### Task item:
Your answer should be the line containing "Each time that" and each line after it through the end of the data below, repeated exactly.
(Beginning of Records for this exercise)
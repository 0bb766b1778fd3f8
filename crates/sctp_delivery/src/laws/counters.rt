//! The counters of a stream are sums over what was written to it.

ghost use Rattle.sctp_delivery.specs.Counters.{AreSums};
ghost use Rattle.sctp_delivery.specs.Messages.{AfterEachFitSession};

/// The counters of each open stream of a sender are sums over what was written to it, up to the greatest number of 64 bits: how many messages
/// of text, of binary data and of the two empty kinds, and how many bytes the first two have.
pub fn counters_are_sums_over_writes()
    ensures { AfterEachFitSession AreSums }
{}
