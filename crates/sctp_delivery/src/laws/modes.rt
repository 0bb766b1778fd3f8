//! Each message is sent as it was written: ordered or not, by the mode that the calls gave its stream before the write (RFC 8832 5.1, 6).

ghost use Rattle.sctp_delivery.specs.InOrder.{AreReadInTurn};
ghost use Rattle.sctp_delivery.specs.Modes.{AfterEachFitRun, AfterEachRunOfFewTsns, AreReadAsWritten, AreSentAsWritten};
ghost use Rattle.sctp_delivery.specs.Recent.{AfterEachYoungRun};

/// Each DATA chunk that a sender makes, for the first time or again, is a part of a write. It says that it is unordered exactly where its
/// stream was set to be unordered before the write, and the message is none of DCEP (RFC 8832 6).
pub fn each_chunk_is_sent_as_it_was_written()
    ensures { AfterEachFitRun AreSentAsWritten }
{}

/// What was written on a stream while it was ordered, and each DCEP message, is read in the order of the writes. Each is a write at a place
/// of its own, whatever is skipped. So it is in sessions that give out fewer than 2^31 TSNs, and in a whole life, while nothing is handed over
/// or held that is 2^31 TSNs old.
pub fn what_is_written_ordered_is_read_in_order()
    ensures few { AfterEachRunOfFewTsns AreReadAsWritten }
    ensures recent { AfterEachYoungRun AreReadAsWritten }
{}

/// What was read of a stream that no call made unordered is what was written to it, message by message and in the same order, but for
/// writes that are left out: none where as many were read. So it is in sessions that give out fewer than 2^31 TSNs, and in a whole life, while
/// nothing is handed over or held that is 2^31 TSNs old.
pub fn what_is_read_of_an_ordered_stream_is_what_was_written()
    ensures few { AfterEachRunOfFewTsns AreReadInTurn }
    ensures recent { AfterEachYoungRun AreReadInTurn }
{}
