//! A receiver that is read refuses nothing that an honest sender still needs taken: so it is in every session of fewer than 2^31 TSNs, and
//! of chunks where the receiver has no limits.

ghost use Rattle.sctp_delivery.specs.Messages.{WhileFewTsns};
ghost use Rattle.sctp_delivery.specs.Refused.{AfterEachUnlimitedSession, NoneInFlightIsRefused, NoneIsRefusedWhereRead, NoneMadeIsRefused};

/// A DATA chunk that has the wire fields of a chunk in flight, or was made under its TSN, where the message is not abandoned, is refused
/// for want of memory alone, however often and in whatever order the network hands chunks over: where the receiver takes messages as long
/// as the sender writes, the chunk's stream is open, and nothing is to be read there; an unordered one also where something is. So none on
/// an open stream is where nothing is to be read on any (RFC 4960 6.2, 6.6).
pub fn no_chunk_in_flight_is_refused()
    ensures due { AfterEachUnlimitedSession NoneInFlightIsRefused }
    ensures read { AfterEachUnlimitedSession NoneIsRefusedWhereRead }
{}

/// A FORWARD-TSN that the sender may make now is not refused, where each stream that it names is open, and nothing is to be read there
/// (RFC 3758 3.6).
pub fn no_forward_tsn_is_refused()
    ensures { WhileFewTsns NoneMadeIsRefused }
{}
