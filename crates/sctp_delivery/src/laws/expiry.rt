//! Only what may expire expires, and at its moment: by how each message was written, as the calls of a session say it (RFC 3758 3.5, 4.1;
//! RFC 7496 3.1).

ghost use Rattle.sctp_delivery.specs.Expiries.{AfterEachRunOfAsked, EachDueExpires, IsEachReliableReadInTheEnd, OnlyTheDueExpire};
ghost use Rattle.sctp_delivery.specs.Modes.{AfterEachFitRun, AfterEachRunOfFewInFlight};

/// A message that an expiry abandons is none of DCEP. It was written on a stream in a timed mode, and its lifetime, from the first start or
/// send behind the write, is over; or its retransmissions are limited, and a chunk of it was sent more often. A reliable one is left to
/// `abandon` alone. So it is while fewer than 2^31 chunks are in flight, as a `Sender` sees to it, however many TSNs it gives out.
pub fn only_what_may_expire_expires()
    ensures { AfterEachRunOfFewInFlight OnlyTheDueExpire }
{}

/// And at that moment it does. What an expiry finds to be so, in front and in flight, are the messages of which that is true by the mode
/// and the lifetime of their writes.
pub fn what_is_due_expires()
    ensures { AfterEachFitRun EachDueExpires }
{}

/// Where nothing waits to be sent, nothing is in flight, and on no stream is a message to read: each write in the reliable mode, and each of
/// DCEP, was read exactly once, unless a call of `abandon` named its message. So it is in sessions that give out fewer than 2^31 TSNs,
/// whichever others expire.
pub fn each_reliable_write_is_read_in_the_end()
    ensures { AfterEachRunOfAsked IsEachReliableReadInTheEnd }
{}
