//! What is sent and what is read is what was written.

ghost use Rattle.sctp_delivery.specs.Messages.{AfterEachFitSession, AreParts, AreSame, AreWrites, AreWritesOfTheirOwn, NoneIsReadTwice, WhileFewTsns, WhileTsnsLast};
ghost use Rattle.sctp_delivery.specs.Order.{AreReadInOrder};
ghost use Rattle.sctp_delivery.specs.Recent.{EachIsTakenOnceWhereGiven, FewTsnsAreYoung, WhileAllAreYoung, WhileRecentAndYoung, WhileYoung};
ghost use Rattle.sctp_delivery.specs.Sacks.{AfterEachSessionOfFewTsns};

/// Each DATA chunk that a sender makes, for the first time or again, is a part of a write: on its stream, with its payload type, and its
/// user data are bytes of the write, one behind another. Two that it makes under one TSN are the same, while it has given out fewer
/// than 2^32 TSNs.
pub fn each_chunk_made_is_a_part_of_a_write()
    ensures part { AfterEachFitSession AreParts }
    ensures same { WhileTsnsLast AreSame }
{}

/// Whatever the network loses, delays, repeats and reorders: each message that is read is one that was written, on the stream that it
/// is read on, with its payload type and byte for byte, while the sender has given out fewer than 2^32 TSNs, so that none is given out
/// twice. So it is in a whole life, too, however many TSNs are given out: while no DATA chunk is handed over that is 2^31 TSNs old, and the
/// receiver holds none that is.
pub fn each_message_read_was_written()
    ensures written { WhileTsnsLast AreWrites }
    ensures recent { WhileYoung AreWrites }
{}

/// No TSN stands in two messages that are read, or twice in one, however often the network hands its chunk over; and no write is read
/// twice: each message is a write at a place of its own. So it is in sessions that give out fewer than 2^31 TSNs. That no write is read twice
/// holds in a whole life, too, while nothing is handed over or held that is 2^31 TSNs old.
pub fn no_message_is_read_twice()
    ensures tsns { AfterEachSessionOfFewTsns (λ first given s. NoneIsReadTwice s) }
    ensures writes { WhileFewTsns AreWritesOfTheirOwn }
    ensures recent { WhileRecentAndYoung AreWritesOfTheirOwn }
{}

/// The ordered messages of a stream are read in the order of their writes, each a write at a place of its own, whatever is skipped and
/// however many there are. So it is in sessions that give out fewer than 2^31 TSNs. It holds in a whole life, too, while nothing is handed over
/// or held that is 2^31 TSNs old.
pub fn messages_are_read_in_order()
    ensures few { WhileFewTsns AreReadInOrder }
    ensures recent { WhileAllAreYoung AreReadInOrder }
{}

/// In each session that gives out fewer than 2^31 TSNs nothing is handed over or held that is 2^31 TSNs old. So what is said of a whole life
/// is said of it, too.
pub fn few_tsns_are_young()
    ensures { FewTsnsAreYoung }
{}

/// Each time that a TSN is given out, at most one DATA chunk with it is taken as new, however often and in whatever order the network hands chunks
/// over. So it is however many TSNs are given out, while fewer than 2^31 are in flight, and nothing is handed over that is 2^31 TSNs old.
pub fn no_tsn_is_taken_more_often_than_given()
    ensures { EachIsTakenOnceWhereGiven }
{}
(End of Records for this exercise)
### Exercise response:
/// Each time that a TSN is given out, at most one DATA chunk with it is taken as new, however often and in whatever order the network hands chunks
/// over. So it is however many TSNs are given out, while fewer than 2^31 are in flight, and nothing is handed over that is 2^31 TSNs old.
pub fn no_tsn_is_taken_more_often_than_given()
    ensures { EachIsTakenOnceWhereGiven }
{}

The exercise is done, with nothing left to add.